▼

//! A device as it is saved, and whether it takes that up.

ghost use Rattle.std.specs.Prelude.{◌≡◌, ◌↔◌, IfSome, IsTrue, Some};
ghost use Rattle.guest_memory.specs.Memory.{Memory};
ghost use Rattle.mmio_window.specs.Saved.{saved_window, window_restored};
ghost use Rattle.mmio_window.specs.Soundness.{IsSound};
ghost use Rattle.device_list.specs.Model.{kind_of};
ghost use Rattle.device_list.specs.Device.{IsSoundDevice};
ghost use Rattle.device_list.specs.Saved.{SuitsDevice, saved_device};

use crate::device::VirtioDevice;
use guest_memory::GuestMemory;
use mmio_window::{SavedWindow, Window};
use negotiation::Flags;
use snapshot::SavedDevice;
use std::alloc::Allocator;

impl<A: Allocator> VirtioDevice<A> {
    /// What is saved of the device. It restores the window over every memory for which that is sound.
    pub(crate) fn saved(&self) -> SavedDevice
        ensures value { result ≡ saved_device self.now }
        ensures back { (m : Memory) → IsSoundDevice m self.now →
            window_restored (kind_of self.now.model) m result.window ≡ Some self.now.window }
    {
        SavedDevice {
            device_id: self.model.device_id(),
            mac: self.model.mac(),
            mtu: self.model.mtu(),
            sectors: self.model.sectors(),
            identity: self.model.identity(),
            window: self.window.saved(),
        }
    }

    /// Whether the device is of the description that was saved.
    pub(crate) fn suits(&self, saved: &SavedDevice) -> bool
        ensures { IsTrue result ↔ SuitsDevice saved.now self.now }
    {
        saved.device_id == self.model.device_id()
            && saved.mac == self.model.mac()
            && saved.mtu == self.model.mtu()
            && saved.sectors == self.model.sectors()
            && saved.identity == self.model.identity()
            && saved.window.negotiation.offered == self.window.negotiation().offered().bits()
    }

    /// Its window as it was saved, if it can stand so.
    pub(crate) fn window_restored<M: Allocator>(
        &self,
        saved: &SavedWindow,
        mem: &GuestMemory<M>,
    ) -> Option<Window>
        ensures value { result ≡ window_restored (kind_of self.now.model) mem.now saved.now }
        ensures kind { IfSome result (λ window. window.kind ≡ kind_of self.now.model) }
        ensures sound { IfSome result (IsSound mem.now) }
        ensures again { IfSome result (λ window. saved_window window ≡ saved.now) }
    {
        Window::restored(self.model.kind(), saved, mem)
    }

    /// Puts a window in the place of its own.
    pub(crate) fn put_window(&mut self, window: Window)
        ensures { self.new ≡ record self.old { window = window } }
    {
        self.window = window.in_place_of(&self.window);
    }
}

▲
▼

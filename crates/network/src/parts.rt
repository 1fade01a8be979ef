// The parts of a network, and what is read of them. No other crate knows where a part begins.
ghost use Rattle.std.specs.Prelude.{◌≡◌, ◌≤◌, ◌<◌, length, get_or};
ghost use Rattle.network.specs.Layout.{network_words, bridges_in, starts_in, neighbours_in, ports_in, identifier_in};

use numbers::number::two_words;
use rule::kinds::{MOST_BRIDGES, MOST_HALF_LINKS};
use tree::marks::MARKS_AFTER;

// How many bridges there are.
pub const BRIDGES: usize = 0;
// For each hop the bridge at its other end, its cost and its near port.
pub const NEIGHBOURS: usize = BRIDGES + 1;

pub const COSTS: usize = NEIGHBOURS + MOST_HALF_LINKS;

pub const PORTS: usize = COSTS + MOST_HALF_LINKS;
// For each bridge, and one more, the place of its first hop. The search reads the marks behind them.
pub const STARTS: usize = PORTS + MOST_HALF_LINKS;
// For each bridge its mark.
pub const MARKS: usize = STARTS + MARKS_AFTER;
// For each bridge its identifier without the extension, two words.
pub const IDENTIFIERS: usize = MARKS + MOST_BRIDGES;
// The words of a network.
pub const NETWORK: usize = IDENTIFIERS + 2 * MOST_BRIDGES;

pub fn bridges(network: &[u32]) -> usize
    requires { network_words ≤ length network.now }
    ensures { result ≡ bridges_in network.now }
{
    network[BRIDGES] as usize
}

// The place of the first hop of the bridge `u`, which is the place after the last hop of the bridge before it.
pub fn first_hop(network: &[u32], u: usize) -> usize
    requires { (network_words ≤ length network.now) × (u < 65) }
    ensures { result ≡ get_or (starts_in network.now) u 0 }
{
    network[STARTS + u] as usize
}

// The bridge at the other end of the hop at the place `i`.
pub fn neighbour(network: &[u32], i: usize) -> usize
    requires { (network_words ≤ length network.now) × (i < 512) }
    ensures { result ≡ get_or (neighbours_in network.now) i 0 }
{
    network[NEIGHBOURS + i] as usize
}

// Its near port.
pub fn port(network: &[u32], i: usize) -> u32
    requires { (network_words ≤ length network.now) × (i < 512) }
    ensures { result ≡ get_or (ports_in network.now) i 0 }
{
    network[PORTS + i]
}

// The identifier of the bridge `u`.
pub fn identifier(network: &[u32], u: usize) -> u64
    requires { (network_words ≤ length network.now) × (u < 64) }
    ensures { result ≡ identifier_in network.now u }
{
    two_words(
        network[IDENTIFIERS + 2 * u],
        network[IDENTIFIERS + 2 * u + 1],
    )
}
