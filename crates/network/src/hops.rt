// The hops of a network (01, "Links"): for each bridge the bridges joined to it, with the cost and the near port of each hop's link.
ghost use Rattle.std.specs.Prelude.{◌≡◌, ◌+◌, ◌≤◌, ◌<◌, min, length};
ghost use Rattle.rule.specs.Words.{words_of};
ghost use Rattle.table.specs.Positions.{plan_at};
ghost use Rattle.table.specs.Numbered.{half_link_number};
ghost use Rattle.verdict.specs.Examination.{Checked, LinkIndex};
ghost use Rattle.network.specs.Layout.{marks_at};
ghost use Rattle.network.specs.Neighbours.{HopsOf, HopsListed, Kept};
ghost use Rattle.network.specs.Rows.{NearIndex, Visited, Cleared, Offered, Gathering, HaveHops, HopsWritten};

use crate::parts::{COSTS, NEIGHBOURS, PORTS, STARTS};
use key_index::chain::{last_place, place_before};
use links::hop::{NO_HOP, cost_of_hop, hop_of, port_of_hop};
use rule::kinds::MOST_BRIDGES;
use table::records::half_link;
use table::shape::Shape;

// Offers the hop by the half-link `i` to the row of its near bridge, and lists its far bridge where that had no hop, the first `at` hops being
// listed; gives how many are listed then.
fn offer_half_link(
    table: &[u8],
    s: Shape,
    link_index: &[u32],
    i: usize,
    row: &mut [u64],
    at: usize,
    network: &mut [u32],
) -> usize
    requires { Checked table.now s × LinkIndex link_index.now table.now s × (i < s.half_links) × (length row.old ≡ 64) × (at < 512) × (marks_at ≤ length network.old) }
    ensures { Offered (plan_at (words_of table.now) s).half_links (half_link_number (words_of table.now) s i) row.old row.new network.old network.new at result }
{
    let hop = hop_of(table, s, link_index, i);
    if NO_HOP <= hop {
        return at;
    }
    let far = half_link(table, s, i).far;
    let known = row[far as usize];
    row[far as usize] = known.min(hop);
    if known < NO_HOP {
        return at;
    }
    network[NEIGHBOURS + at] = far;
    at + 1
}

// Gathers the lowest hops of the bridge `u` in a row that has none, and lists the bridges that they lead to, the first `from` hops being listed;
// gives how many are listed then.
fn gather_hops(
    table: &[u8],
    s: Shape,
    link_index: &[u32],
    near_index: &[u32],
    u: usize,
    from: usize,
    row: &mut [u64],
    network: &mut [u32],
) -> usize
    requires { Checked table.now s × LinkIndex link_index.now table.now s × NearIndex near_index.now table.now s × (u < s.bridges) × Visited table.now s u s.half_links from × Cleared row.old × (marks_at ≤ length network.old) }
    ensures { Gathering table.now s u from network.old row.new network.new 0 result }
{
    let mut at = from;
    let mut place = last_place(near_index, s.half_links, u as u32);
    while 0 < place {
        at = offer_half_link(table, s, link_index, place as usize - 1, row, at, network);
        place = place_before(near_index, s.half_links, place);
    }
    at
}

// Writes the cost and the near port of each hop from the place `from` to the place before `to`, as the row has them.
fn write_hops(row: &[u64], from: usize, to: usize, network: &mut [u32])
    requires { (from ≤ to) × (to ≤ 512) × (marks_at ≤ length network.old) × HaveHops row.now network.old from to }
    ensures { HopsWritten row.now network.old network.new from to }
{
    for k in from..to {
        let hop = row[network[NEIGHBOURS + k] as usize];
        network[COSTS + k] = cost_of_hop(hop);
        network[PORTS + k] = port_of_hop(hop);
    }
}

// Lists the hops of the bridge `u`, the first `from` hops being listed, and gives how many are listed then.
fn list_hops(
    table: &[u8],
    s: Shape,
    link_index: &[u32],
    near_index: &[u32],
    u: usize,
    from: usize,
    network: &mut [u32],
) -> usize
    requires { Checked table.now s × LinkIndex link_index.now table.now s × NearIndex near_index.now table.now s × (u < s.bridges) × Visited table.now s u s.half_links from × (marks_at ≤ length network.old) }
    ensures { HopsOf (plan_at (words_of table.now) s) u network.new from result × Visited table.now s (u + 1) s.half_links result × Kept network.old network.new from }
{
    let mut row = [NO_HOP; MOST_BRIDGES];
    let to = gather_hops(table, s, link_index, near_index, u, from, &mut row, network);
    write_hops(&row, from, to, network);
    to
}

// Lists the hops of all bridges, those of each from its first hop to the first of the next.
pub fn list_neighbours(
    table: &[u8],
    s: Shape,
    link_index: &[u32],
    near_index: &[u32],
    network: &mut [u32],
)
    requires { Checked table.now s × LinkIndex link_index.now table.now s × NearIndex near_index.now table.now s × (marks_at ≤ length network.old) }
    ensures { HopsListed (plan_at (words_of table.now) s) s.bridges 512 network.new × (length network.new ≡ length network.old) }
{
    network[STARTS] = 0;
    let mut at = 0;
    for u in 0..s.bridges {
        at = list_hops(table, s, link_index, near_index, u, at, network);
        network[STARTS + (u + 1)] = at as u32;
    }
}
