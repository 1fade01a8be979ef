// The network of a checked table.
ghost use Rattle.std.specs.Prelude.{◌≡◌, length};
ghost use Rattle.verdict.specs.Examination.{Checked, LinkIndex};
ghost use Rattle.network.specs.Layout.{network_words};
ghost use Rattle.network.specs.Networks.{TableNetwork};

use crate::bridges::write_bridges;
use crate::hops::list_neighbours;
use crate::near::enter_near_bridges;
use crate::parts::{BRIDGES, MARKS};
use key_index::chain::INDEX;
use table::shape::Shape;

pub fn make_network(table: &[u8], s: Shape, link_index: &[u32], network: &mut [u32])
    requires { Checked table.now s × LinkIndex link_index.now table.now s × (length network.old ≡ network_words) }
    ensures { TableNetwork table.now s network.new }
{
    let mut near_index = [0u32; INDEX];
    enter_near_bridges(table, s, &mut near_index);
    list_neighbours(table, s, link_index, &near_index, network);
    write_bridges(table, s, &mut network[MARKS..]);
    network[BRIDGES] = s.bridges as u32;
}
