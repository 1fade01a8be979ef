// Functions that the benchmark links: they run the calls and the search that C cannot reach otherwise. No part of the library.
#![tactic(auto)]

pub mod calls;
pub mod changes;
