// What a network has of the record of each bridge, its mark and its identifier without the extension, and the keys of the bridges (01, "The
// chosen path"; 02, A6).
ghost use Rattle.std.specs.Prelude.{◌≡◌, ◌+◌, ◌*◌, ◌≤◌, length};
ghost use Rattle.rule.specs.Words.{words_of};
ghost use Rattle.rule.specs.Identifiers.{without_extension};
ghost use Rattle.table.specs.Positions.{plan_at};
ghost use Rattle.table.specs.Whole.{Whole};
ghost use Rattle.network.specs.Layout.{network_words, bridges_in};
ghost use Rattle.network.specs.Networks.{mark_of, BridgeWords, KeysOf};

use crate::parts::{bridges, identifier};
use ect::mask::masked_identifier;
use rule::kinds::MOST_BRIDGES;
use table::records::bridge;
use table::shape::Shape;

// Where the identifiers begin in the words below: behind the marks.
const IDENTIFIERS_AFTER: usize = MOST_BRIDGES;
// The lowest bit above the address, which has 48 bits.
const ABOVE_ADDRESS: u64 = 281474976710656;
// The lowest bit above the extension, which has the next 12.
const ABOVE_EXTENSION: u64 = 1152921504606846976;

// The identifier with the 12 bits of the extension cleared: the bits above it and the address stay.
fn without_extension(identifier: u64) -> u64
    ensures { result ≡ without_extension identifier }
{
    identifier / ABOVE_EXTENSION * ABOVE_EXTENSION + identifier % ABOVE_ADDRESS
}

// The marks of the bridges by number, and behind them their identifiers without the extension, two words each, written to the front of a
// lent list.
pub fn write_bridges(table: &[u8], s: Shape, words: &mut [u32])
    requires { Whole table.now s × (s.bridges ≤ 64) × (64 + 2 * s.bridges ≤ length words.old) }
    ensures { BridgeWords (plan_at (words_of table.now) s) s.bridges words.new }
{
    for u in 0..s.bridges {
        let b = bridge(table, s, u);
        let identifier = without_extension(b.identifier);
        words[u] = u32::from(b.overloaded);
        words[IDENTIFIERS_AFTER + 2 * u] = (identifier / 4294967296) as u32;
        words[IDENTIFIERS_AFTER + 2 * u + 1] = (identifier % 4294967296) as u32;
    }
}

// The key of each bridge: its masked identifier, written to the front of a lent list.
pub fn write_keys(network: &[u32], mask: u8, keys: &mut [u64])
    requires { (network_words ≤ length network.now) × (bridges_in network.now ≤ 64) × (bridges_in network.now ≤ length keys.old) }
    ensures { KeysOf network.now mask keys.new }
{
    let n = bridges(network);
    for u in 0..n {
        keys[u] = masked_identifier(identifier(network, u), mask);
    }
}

▲

* [Try it]: Output only an exact transcription of the lines above from the one with "behind the marks." up to and including the one with "pub fn write_bridges(table: &[u8], s: Shape, words: &mut".

* [Task response]:
// Where the identifiers begin in the words below: behind the marks.
const IDENTIFIERS_AFTER: usize = MOST_BRIDGES;
// The lowest bit above the address, which has 48 bits.
const ABOVE_ADDRESS: u64 = 281474976710656;
// The lowest bit above the extension, which has the next 12.
const ABOVE_EXTENSION: u64 = 1152921504606846976;

// The identifier with the 12 bits of the extension cleared: the bits above it and the address stay.
fn without_extension(identifier: u64) -> u64
    ensures { result ≡ without_extension identifier }
{
    identifier / ABOVE_EXTENSION * ABOVE_EXTENSION + identifier % ABOVE_ADDRESS
}

// The marks of the bridges by number, and behind them their identifiers without the extension, two words each, written to the front of a
// lent list.
pub fn write_bridges(table: &[u8], s: Shape, words: &mut [u32])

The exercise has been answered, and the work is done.